Los tordos, los mirlos, los gorriones y otros pajarillos sin
nombre acuden en busca de su alimento. Son los dueños de la higuera. Los higos
están ahítos de almíbar y chorrean gotas de miel. Dulces, sensuales, apetitosos
vienen en medio del verano a pregonar que son algo más que frutas. Son
infrutescencias.
¡Qué nombre más complicado para algo sabroso! Acuden también
multitud de abejas, tabarros e insectos golosos. Miguel Hernández que sabía
mucho del campo le recordó, en su Elegía
a su amigo Ramón Sitjé: “Volverás
a mi huerto y a mi higuera / por los
altos andamios de las flores / pajareará tu alma colmenera”.
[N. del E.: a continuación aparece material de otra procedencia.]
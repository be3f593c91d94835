// Plays whose gates hold threads back.
use super::*;
use std::sync::atomic::{AtomicBool, Ordering};

// The record of an ARP request.
const REQUEST: &[u8] = &[
    0x00, 0x00, 0x00, 0x00, 0x00, 0x00, 0x00, 0x00, 0x2a, 0x00, 0x00, 0x00, 0x2a, 0x00, 0x00, 0x00,
    0xff, 0xff, 0xff, 0xff, 0xff, 0xff, 0x02, 0x00, 0x00, 0x00, 0x00, 0x02, 0x08, 0x06, 0x00, 0x01,
    0x08, 0x00, 0x06, 0x04, 0x00, 0x01, 0x02, 0x00, 0x00, 0x00, 0x00, 0x02, 0x42, 0x09, 0x95, 0xbb,
    0x00, 0x00, 0x00, 0x00, 0x00, 0x00, 0xa1, 0x8e, 0x64, 0x50,
];

// The record of the answer to the segment.
const ECHO: &[u8] = &[
    0x00, 0x00, 0x00, 0x00, 0x00, 0x00, 0x00, 0x00, 0x3b, 0x00, 0x00, 0x00, 0x3b, 0x00, 0x00, 0x00,
    0x02, 0x00, 0x00, 0x00, 0x00, 0x02, 0x02, 0x00, 0x00, 0x00, 0x00, 0x01, 0x08, 0x00, 0x45, 0x00,
    0x00, 0x2d, 0x00, 0x00, 0x40, 0x00, 0x40, 0x06, 0x5d, 0x28, 0xa1, 0x8e, 0x64, 0x50, 0x42, 0x09,
    0x95, 0xbb, 0x06, 0xe6, 0x0a, 0xea, 0x51, 0xcc, 0xc1, 0x79, 0x00, 0x00, 0x10, 0x06, 0x50, 0x18,
    0x80, 0x00, 0xd9, 0x35, 0x00, 0x00, 0x68, 0x65, 0x6c, 0x6c, 0x6f,
];

// A gate that lets the card alone make its turns in a thread.
#[derive(Drop)]
struct CardAlone;

impl Gate for CardAlone {
    fn enter(&self, actor: u32, _turn: u64) -> bool {
        actor == 0
    }
}

// A gate that holds the first turn of each of two cores until that of the other was asked for, for a bounded number of looks.
#[derive(Drop)]
struct Meeting {
    first: AtomicBool,
    second: AtomicBool,
    missed: AtomicBool,
}

impl Gate for Meeting {
    fn enter(&self, actor: u32, turn: u64) -> bool {
        if actor == 0 || turn > 0 {
            return true;
        }
        let (own, other) = if actor == 1 {
            (&self.first, &self.second)
        } else {
            (&self.second, &self.first)
        };
        own.store(true, Ordering::SeqCst);
        for _ in 0..200_000_000u32 {
            if other.load(Ordering::SeqCst) {
                return true;
            }
        }
        self.missed.store(true, Ordering::SeqCst);
        false
    }
}

const TWO_CORES: &[u8] = b"[core]\ncores = 2\n";

#[test]
fn two_cores_meet_in_their_threads(rt: HostRuntime) -> Result<(), Fail> {
    let gate = Meeting {
        first: AtomicBool::new(false),
        second: AtomicBool::new(false),
        missed: AtomicBool::new(false),
    };
    let script = b"frames 0 0\nframes 3 3\n";
    let (status, memory) = played(&rt, rt.alloc(), TWO_CORES, script, &gate)?;
    assert_eq!(rt; status, Status::Done);
    assert!(rt; gate.first.load(Ordering::SeqCst));
    assert!(rt; gate.second.load(Ordering::SeqCst));
    assert!(rt; !gate.missed.load(Ordering::SeqCst));
    let trace = str::from_utf8(memory.written(Role::Trace))?;
    assert!(rt; trace.contains("\nseg 0 core 0\n"));
    assert!(rt; trace.contains("\nseg 1 core 1\n"));
    assert!(rt; trace.ends_with("\nend replies 2 drops 0\n"));
    Ok(())
}

#[test]
fn replies_are_the_same_on_two_cores(rt: HostRuntime) -> Result<(), Fail> {
    let alloc = rt.alloc();
    let (status, memory) = played(&rt, alloc, TWO_CORES, SCRIPT, &Open)?;
    assert_eq!(rt; status, Status::Done);
    assert_eq!(rt; memory.written(Role::Replies), REPLIES);
    let (status, memory) = played(&rt, alloc, TWO_CORES, SCRIPT, &CardAlone)?;
    assert_eq!(rt; status, Status::Done);
    assert_eq!(rt; memory.written(Role::Replies), REPLIES);
    Ok(())
}

// A handshake and a segment that the core takes when all are on its ring: the line of the greatest batch, and the journal up to the part's
// buffer.
const CYCLES: [(&[u8], &str); 4] = [
    (
        b"[core]\nbatch = 1\n",
        "\nseg 0 core 0\nreply 0\nflush 0\nseg 1 core 0\nevent knock\ncall accept\nret done 0\nflush 1\nseg 2 core 0\nevent recv ",
    ),
    (
        b"[core]\nbatch = 2\n",
        "\nseg 0 core 0\nreply 0\nseg 1 core 0\nevent knock\ncall accept\nret done 0\nflush 1\nseg 2 core 0\nevent recv ",
    ),
    (
        b"",
        "\nseg 0 core 0\nreply 0\nseg 1 core 0\nevent knock\nseg 2 core 0\ncall accept\nret done 0\nevent recv ",
    ),
    (
        b"[core]\nbatch = 256\n",
        "\nseg 0 core 0\nreply 0\nseg 1 core 0\nevent knock\nseg 2 core 0\ncall accept\nret done 0\nevent recv ",
    ),
];

// The trace of these plays behind the part's buffer.
const CYCLES_END: &str = " 54 5
call recv_done 5
ret done 5
call sendv 5
ret done 5
flush 2
reply 1
left ESTABLISHED una 1 nxt 6 rcv 6 cwnd 4380 ssthresh 65535
answer wrote 5 taken 5
closed 0 pool 1024
end replies 2 drops 0
";

#[test]
fn a_cycle_takes_as_many_frames_as_a_batch_may_have(rt: HostRuntime) -> Result<(), Fail> {
    for (lines, journal) in &CYCLES {
        let (status, memory) = played(&rt, rt.alloc(), lines, b"frames 0 2\n", &CardAlone)?;
        assert!(rt; status == Status::Done, "{journal}");
        let replies = memory.written(Role::Replies);
        assert!(rt; replies.starts_with(REPLIES), "{journal}");
        assert!(rt; replies.ends_with(ECHO), "{journal}");
        assert!(rt; replies.len() == REPLIES.len() + ECHO.len(), "{journal}");
        let trace = str::from_utf8(memory.written(Role::Trace))?;
        assert!(rt; trace.contains(journal), "{journal}");
        assert!(rt; trace.ends_with(CYCLES_END), "{journal}");
    }
    Ok(())
}

// A ring has room for 512 frames: of 513 that come before the core takes one, the last is dropped.
#[test]
fn a_ring_that_is_full_drops(rt: HostRuntime) -> Result<(), Fail> {
    let alloc = rt.alloc();
    let mut conf = CONF.to_vec(alloc)?;
    conf.extend_from_slice(b"[core]\npace = 0\n")?;
    let mut capture = REPLIES[..24].to_vec(alloc)?;
    for _ in 0..513 {
        capture.extend_from_slice(REQUEST)?;
    }
    let mut memory = host(alloc, &conf, &capture, b"frames 0 512\n", ROOM, &[])?;
    let words = words(alloc, &PLAY)?;
    let status = ix(&rt, alloc, &words, &mut memory, &CardAlone);
    assert_eq!(rt; status, Status::Done);
    let trace = str::from_utf8(memory.written(Role::Trace))?;
    assert!(rt; trace.contains("\nframe 512 rec 512 at 0 group 0 ring 0 drop "));
    assert!(rt; trace.ends_with("\nclosed 0 pool 1024\nend replies 512 drops 1\n"));
    Ok(())
}
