// The text of a type, by kind, but for the names of other rows (decoder.rs, `decode_type_entry`): what stands before
// them, where their indices stand in the sheet, and what stands behind them. A row is handed as the word of its tag.
#![tactic(auto)]

mod endings;
mod openings;

ghost use Rattle.std.specs.Prelude.{◌≡◌, ◌%◌, ◌^◌};
ghost use Rattle.format.specs.Kinds.{kind_of};
ghost use Rattle.sheet.specs.Store.{words_in};
ghost use Rattle.text.specs.Text.{Put};
ghost use Rattle.text.specs.Counted.{after_list};
ghost use Rattle.kinds.specs.Indices.{counted_from, indices};
ghost use Rattle.kinds.specs.Kinds.{shown};
ghost use Rattle.kinds.specs.Parts.{part_text};

use text::Pen;

// The kinds of types; what has no fields is plain.
#[derive(Clone, Copy)]
enum Kind {
    Pointer,
    Tile,
    TensorView,
    PartitionView,
    Function,
    GatherScatterView,
    StridedView,
    Plain,
}

impl Kind {
    // The kind that a tag stands for: the one decision over the tag number.
    #[tactic(auto, unfolding(format::specs::Kinds::kind_of))]
    fn of(tag: u64) -> Self
        ensures { shown result ≡ kind_of tag }
    {
        match tag {
            12 => Kind::Pointer,
            13 => Kind::Tile,
            14 => Kind::TensorView,
            15 => Kind::PartitionView,
            16 => Kind::Function,
            20 => Kind::GatherScatterView,
            21 => Kind::StridedView,
            _ => Kind::Plain,
        }
    }
}

// A part of a row's text without names: before them, or behind them, whose word behind the index is then told.
#[derive(Clone, Copy)]
pub enum Part {
    Opening,
    Ending(usize),
}

// Indices of rows: the word of the first, and how many they are.
#[derive(Clone, Copy)]
pub struct Indices {
    pub word: usize,
    pub count: u64,
}

// The word behind a list, whose count stands at a word.
#[tactic(auto, unfolding(text::specs::Counted::word, text::specs::Counted::after_list))]
fn after_list(sheet: &[u8], word: usize) -> usize
    ensures { result ≡ after_list (words_in sheet.now) word % 2 ^ 64 }
{
    let first = word.wrapping_add(1);
    first.wrapping_add(sheet::word_at(sheet, word) as usize)
}

// The indices of a list, whose count stands at a word.
#[tactic(auto, unfolding(text::specs::Counted::word, crate::specs::Indices::counted_from))]
pub fn counted_at(sheet: &[u8], word: usize) -> Indices
    ensures { result ≡ counted_from (words_in sheet.now) word }
{
    Indices {
        word: word.wrapping_add(1),
        count: sheet::word_at(sheet, word),
    }
}

// The indices that a row's text names first, by kind: an element, a view behind its shape and, of a strided view, its
// strides; the inputs of a function type.
#[tactic(auto, unfolding(crate::specs::Indices::indices))]
pub fn indices_at(sheet: &[u8], tag: u64, at: usize) -> Indices
    ensures { result ≡ indices (kind_of tag) (words_in sheet.now) at }
{
    let first = at.wrapping_add(1);
    let second = at.wrapping_add(2);
    match Kind::of(tag) {
        Kind::Pointer | Kind::TensorView => Indices {
            word: second,
            count: 1,
        },
        Kind::Tile => Indices {
            word: first,
            count: 1,
        },
        Kind::PartitionView | Kind::GatherScatterView => Indices {
            word: after_list(sheet, second),
            count: 1,
        },
        Kind::Function => counted_at(sheet, first),
        Kind::StridedView => Indices {
            word: after_list(sheet, after_list(sheet, second)),
            count: 1,
        },
        Kind::Plain => Indices { word: at, count: 0 },
    }
}

// Puts a part. Whoever describes types inside types has one function to call for both, so that what putting them takes
// of the stack is not taken again at each level.
#[tactic(auto, unfolding(crate::specs::Parts::part_text))]
pub fn put_part(sheet: &[u8], tag: u64, at: usize, part: Part, out: &mut [u8], pen: Pen) -> Pen
    ensures { Put (part_text part tag (words_in sheet.now) at) pen out.old out.new result }
{
    let kind = Kind::of(tag);
    match part {
        Part::Opening => openings::put_opening(sheet, kind, tag, at, out, pen),
        Part::Ending(behind) => endings::put_ending(sheet, kind, at, behind, out, pen),
    }
}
Por San Juan de junio pasaron las
brevas. Vino el verano con toda la fuerza de un horno abierto para decir que
aquí estoy yo, de Virgen a Virgen, o sea del Carmen a la Asunción y junto con
las higueras en sazón aparecieron los racimos pendientes entre pámpanos en los
sarmientos de la parra.
Cuando éramos niños y subíamos hambrientos
de los baños vespertinos en el río, las higueras eran estación de penitencia
obligada y reverencial. Siempre, o casi siempre, había un guarda oportuno que
vigilaba… Ni el guarda ni los niños sabían que Sócrates enseñó filosofía debajo
de una higuera.
El campo tenía menos vallas de alambres
y los niños más temor a los guardas, entonces; los frutales - veredas de tunos
– saciaban estómagos que pedían llenarse y, las higueras entraban dentro del
calendario de visita.
Ahora cuando julio llega a su final las
higueras tempranas tienen los pimpollos chorreando néctar y los pájaros que son
los únicos que pueden llegar a esa altura pregonan a quiénes quieran escucharlo
que esa, precisamente esa cosecha, es suya.